Problem requirements:
Find the lines below that contain the string "NamedFile". Copy each one.

Extracted material:
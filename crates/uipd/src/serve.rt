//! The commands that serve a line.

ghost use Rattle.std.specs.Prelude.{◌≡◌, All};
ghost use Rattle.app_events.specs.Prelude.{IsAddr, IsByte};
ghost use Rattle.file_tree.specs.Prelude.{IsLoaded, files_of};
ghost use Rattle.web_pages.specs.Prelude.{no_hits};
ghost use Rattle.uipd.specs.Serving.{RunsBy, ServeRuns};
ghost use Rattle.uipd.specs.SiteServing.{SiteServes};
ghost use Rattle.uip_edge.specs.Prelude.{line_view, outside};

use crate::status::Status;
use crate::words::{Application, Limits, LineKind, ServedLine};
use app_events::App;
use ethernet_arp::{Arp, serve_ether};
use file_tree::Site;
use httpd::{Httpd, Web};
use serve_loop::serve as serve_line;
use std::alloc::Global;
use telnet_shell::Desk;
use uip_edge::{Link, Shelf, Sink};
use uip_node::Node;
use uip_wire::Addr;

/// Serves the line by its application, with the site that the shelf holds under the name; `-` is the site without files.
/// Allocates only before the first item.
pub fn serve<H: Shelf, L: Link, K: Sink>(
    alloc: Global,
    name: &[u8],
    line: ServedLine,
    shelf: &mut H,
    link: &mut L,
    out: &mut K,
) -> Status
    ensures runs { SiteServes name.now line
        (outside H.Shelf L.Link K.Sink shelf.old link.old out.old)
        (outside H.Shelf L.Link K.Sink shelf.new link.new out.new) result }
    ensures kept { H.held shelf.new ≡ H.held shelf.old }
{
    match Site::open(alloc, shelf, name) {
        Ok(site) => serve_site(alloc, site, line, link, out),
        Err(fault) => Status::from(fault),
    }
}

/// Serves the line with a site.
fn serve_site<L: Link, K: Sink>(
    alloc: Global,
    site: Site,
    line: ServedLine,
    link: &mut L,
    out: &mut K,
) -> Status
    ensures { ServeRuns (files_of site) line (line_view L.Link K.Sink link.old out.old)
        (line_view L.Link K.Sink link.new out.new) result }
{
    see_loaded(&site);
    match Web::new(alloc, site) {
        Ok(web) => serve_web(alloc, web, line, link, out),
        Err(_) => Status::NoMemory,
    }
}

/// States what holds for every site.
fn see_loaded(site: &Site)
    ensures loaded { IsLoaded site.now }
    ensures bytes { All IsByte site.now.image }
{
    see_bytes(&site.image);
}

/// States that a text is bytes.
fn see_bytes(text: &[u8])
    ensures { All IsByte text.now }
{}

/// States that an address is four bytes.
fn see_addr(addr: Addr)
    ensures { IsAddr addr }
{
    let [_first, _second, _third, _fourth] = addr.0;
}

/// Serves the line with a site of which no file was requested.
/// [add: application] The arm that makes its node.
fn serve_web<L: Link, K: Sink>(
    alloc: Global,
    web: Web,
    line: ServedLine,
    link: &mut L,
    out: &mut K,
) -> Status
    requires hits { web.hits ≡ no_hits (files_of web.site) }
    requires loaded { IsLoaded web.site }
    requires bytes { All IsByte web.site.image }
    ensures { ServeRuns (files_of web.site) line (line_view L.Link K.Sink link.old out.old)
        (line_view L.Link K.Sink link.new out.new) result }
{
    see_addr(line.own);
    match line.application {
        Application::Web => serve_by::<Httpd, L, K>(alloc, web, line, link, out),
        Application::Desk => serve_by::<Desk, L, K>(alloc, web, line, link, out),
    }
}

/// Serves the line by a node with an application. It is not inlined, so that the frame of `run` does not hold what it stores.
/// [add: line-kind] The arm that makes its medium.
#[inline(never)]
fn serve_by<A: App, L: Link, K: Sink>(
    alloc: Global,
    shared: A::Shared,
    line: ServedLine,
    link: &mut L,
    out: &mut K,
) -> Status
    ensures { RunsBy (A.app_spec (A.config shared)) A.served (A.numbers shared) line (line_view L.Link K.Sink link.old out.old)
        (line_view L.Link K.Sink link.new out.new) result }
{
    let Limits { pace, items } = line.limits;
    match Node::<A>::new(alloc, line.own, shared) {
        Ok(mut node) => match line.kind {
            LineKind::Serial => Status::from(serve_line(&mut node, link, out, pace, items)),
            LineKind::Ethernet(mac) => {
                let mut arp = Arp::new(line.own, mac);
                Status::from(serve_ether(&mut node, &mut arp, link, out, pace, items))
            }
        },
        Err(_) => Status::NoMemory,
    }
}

==

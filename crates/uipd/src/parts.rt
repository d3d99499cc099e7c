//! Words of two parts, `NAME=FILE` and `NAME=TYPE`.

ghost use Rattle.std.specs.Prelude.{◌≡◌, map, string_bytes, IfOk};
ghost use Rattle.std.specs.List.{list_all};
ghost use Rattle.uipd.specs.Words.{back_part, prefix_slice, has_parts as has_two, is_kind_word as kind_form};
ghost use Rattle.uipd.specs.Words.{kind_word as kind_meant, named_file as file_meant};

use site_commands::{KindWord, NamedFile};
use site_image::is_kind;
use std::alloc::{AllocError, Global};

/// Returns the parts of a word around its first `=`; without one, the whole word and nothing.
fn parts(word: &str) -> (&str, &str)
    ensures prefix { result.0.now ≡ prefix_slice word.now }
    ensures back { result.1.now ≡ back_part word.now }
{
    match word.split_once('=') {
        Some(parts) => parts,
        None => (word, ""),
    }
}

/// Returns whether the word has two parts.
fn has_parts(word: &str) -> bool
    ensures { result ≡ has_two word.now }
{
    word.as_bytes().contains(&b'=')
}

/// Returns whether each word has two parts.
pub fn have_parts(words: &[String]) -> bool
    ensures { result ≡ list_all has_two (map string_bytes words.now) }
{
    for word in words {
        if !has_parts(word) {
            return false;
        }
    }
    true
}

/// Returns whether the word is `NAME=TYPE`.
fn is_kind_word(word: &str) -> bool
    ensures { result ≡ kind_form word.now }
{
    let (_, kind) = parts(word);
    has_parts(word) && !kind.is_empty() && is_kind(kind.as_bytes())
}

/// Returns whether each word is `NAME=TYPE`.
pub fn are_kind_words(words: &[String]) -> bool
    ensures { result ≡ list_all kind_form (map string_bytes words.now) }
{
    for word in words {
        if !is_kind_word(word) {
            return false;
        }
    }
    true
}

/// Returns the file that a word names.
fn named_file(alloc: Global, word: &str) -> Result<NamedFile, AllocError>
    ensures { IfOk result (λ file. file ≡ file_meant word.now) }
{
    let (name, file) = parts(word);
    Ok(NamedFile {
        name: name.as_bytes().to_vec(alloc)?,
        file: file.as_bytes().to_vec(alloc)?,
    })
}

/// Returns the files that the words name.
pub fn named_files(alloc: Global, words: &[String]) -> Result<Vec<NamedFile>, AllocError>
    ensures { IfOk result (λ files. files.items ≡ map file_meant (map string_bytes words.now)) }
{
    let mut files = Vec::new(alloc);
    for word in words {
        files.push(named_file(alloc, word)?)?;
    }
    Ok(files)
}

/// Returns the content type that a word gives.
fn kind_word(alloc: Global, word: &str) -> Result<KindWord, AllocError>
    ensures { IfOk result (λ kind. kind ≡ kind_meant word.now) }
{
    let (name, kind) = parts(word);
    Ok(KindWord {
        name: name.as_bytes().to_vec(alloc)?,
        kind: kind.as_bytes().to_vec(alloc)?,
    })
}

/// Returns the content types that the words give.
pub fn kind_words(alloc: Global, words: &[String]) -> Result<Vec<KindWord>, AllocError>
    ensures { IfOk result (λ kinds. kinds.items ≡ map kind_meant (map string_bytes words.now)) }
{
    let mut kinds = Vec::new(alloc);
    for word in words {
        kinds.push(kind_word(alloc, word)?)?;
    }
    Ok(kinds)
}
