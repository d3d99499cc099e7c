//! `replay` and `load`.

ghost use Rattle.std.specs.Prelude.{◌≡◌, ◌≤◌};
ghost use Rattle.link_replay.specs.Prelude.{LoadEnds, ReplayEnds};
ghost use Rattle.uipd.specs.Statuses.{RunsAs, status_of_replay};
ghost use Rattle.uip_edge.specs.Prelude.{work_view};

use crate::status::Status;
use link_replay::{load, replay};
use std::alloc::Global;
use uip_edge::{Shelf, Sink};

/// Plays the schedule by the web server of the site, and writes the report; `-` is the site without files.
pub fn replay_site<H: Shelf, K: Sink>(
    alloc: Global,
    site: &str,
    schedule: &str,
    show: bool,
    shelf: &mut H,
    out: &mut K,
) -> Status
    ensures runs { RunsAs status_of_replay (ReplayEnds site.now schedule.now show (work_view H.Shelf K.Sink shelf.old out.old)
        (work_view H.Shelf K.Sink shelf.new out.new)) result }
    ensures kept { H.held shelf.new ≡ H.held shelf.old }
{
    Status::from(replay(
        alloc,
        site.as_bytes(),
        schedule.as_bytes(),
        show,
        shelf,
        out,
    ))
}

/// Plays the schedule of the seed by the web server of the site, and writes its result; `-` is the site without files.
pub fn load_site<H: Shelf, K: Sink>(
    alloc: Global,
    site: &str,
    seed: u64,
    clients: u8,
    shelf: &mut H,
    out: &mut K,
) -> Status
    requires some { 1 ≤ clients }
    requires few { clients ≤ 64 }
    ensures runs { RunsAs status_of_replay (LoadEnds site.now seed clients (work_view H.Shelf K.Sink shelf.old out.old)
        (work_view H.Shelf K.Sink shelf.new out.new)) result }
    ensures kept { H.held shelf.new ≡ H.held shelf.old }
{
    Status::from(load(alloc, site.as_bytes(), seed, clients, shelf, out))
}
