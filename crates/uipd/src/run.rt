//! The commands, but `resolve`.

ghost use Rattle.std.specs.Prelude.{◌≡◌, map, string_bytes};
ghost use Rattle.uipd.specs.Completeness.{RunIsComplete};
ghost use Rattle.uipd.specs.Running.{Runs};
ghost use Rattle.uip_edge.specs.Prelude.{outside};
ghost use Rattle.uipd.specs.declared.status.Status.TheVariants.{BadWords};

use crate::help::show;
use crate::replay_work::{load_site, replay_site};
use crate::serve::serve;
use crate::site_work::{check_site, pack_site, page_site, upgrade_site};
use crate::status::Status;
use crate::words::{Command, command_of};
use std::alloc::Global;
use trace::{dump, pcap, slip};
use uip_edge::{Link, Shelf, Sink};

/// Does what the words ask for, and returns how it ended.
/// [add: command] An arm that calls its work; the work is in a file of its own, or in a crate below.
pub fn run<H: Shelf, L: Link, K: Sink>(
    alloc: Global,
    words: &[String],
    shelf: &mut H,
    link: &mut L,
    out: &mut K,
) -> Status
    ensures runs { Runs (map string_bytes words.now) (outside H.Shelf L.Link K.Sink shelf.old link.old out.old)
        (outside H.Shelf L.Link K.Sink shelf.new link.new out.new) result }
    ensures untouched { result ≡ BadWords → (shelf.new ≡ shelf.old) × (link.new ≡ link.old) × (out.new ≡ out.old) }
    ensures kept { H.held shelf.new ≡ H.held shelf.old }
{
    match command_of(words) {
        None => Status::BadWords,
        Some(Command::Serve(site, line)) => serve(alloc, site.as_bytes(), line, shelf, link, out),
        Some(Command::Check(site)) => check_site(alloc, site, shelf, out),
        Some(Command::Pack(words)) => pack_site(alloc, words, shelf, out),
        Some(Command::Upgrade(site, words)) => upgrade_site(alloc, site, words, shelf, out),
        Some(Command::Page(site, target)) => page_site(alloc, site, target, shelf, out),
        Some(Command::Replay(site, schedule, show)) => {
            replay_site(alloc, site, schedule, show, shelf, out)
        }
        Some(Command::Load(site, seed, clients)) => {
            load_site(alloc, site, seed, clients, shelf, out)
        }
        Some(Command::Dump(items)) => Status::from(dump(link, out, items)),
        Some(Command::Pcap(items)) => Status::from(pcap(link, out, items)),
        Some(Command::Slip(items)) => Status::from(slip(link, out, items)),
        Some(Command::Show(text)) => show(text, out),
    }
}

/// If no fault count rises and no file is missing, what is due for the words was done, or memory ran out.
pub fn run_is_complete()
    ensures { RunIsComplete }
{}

Answer to this exercise:
use site_commands::{KindWord, NamedFile};
fn named_file(alloc: Global, word: &str) -> Result<NamedFile, AllocError>
    Ok(NamedFile {
pub fn named_files(alloc: Global, words: &[String]) -> Result<Vec<NamedFile>, AllocError>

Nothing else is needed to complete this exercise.